(What to do) Please return all of the entries below exactly as they are written.

──────── Data section

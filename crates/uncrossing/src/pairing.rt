// The trades of buys and sells at one price.
ghost use Rattle.std.specs.Prelude.{◌≡◌, ◌+◌, ◌<◌, ◌≤◌, min, length};
ghost use Rattle.trading.specs.Desks.{book_of};
ghost use Rattle.lent.specs.Contents.{contents, page, Kept};
ghost use Rattle.uncrossing.specs.Spans.{span};
ghost use Rattle.uncrossing.specs.Fits.{OrdersFit, QueuesStart};
ghost use Rattle.uncrossing.specs.Fronts.{InFront};
ghost use Rattle.uncrossing.specs.Meetings.{NextPair, TookOff, MetBy};

use lent::{Desk, Report};
use rules::Order;
use trading::ReportLine;

// Where each queue goes on after the trades at a price; by default, before any trade.
#[derive(Clone, Copy, Default)]
pub struct Met {
    pub buys: usize,
    pub sells: usize,
}

// The first buy and the first sell that are left, where both accept the price.
fn next_pair(price: u32, met: Met, desk: &Desk<'_>) -> Option<(Order, Order)>
    requires { QueuesStart met (contents desk.now) }
    ensures { let d = contents desk.now in
        NextPair price (span met.buys d.state.buys d.buys) (span met.sells d.state.sells d.sells) result }
{
    let buy = desk.buys[met.buys..desk.state.buys].first()?;
    let sell = desk.sells[met.sells..desk.state.sells].first()?;
    if buy.accepts_buying(price) && sell.accepts_selling(price) {
        Some((*buy, *sell))
    } else {
        None
    }
}

// What two orders trade.
fn smaller_open(buy: Order, sell: Order) -> u32
    ensures { result ≡ min buy.«open» sell.«open» }
{
    buy.open.min(sell.open)
}

// Takes a traded quantity off the order at `first`, and answers where its queue goes on: there, or behind it where it is used up.
fn take_off(orders: &mut [Order], first: usize, quantity: u32) -> usize
    requires { first < length orders.old }
    ensures { TookOff orders.old orders.new first quantity result }
{
    let open = orders[first].open;
    if open <= quantity {
        return first + 1;
    }
    orders[first].open = open - quantity;
    first
}

// The first buy and the first sell trade the smaller quantity, while both accept the price. Orders that are used up stay where
// they are, in front of the queues.
pub(crate) fn pair_all(price: u32, desk: &mut Desk<'_>, report: &mut Report<'_>) -> Met
    requires fit { OrdersFit (contents desk.old) (page report.old) }
    requires fronts { let b = book_of (contents desk.old) in InFront price b.buys b.sells }
    ensures paired { MetBy price (contents desk.old) (page report.old) (contents desk.new) (page report.new) result }
    ensures state { desk.new.state.now ≡ desk.old.state.now }
    ensures kept { Kept desk.old report.old desk.new report.new }
{
    let mut met = Met::default();
    // two places, since each queue goes on by itself
    'trades: while let Some((buy, sell)) = next_pair(price, met, desk) {
        let quantity = smaller_open(buy, sell);
        report.write(ReportLine::Trade {
            buy: buy.number,
            sell: sell.number,
            price,
            quantity,
        });
        met.buys = take_off(desk.buys, met.buys, quantity);
        met.sells = take_off(desk.sells, met.sells, quantity);
    }
    met
}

────────────────

(Solution to the exercise)
filename crates/uncrossing/src/pairing.rt
// The trades of buys and sells at one price.
ghost use Rattle.std.specs.Prelude.{◌≡◌, ◌+◌, ◌<◌, ◌≤◌, min, length};
ghost use Rattle.trading.specs.Desks.{book_of};
ghost use Rattle.lent.specs.Contents.{contents, page, Kept};
ghost use Rattle.uncrossing.specs.Spans.{span};
ghost use Rattle.uncrossing.specs.Fits.{OrdersFit, QueuesStart};
ghost use Rattle.uncrossing.specs.Fronts.{InFront};
ghost use Rattle.uncrossing.specs.Meetings.{NextPair, TookOff, MetBy};

use lent::{Desk, Report};
use rules::Order;
use trading::ReportLine;

// Where each queue goes on after the trades at a price; by default, before any trade.
#[derive(Clone, Copy, Default)]
pub struct Met {
    pub buys: usize,
    pub sells: usize,
}

// The first buy and the first sell that are left, where both accept the price.
fn next_pair(price: u32, met: Met, desk: &Desk<'_>) -> Option<(Order, Order)>
    requires { QueuesStart met (contents desk.now) }
    ensures { let d = contents desk.now in
        NextPair price (span met.buys d.state.buys d.buys) (span met.sells d.state.sells d.sells) result }
{
    let buy = desk.buys[met.buys..desk.state.buys].first()?;
    let sell = desk.sells[met.sells..desk.state.sells].first()?;
    if buy.accepts_buying(price) && sell.accepts_selling(price) {
        Some((*buy, *sell))
    } else {
        None
    }
}

// What two orders trade.
fn smaller_open(buy: Order, sell: Order) -> u32
    ensures { result ≡ min buy.«open» sell.«open» }
{
    buy.open.min(sell.open)
}

// Takes a traded quantity off the order at `first`, and answers where its queue goes on: there, or behind it where it is used up.
fn take_off(orders: &mut [Order], first: usize, quantity: u32) -> usize
    requires { first < length orders.old }
    ensures { TookOff orders.old orders.new first quantity result }
{
    let open = orders[first].open;
    if open <= quantity {
        return first + 1;
    }
    orders[first].open = open - quantity;
    first
}

// The first buy and the first sell trade the smaller quantity, while both accept the price. Orders that are used up stay where
// they are, in front of the queues.
pub(crate) fn pair_all(price: u32, desk: &mut Desk<'_>, report: &mut Report<'_>) -> Met
    requires fit { OrdersFit (contents desk.old) (page report.old) }
    requires fronts { let b = book_of (contents desk.old) in InFront price b.buys b.sells }
    ensures paired { MetBy price (contents desk.old) (page report.old) (contents desk.new) (page report.new) result }
    ensures state { desk.new.state.now ≡ desk.old.state.now }
    ensures kept { Kept desk.old report.old desk.new report.new }
{
    let mut met = Met::default();
    // two places, since each queue goes on by itself
    'trades: while let Some((buy, sell)) = next_pair(price, met, desk) {
        let quantity = smaller_open(buy, sell);
        report.write(ReportLine::Trade {
            buy: buy.number,
            sell: sell.number,
            price,
            quantity,
        });
        met.buys = take_off(desk.buys, met.buys, quantity);
        met.sells = take_off(desk.sells, met.sells, quantity);
    }
    met
}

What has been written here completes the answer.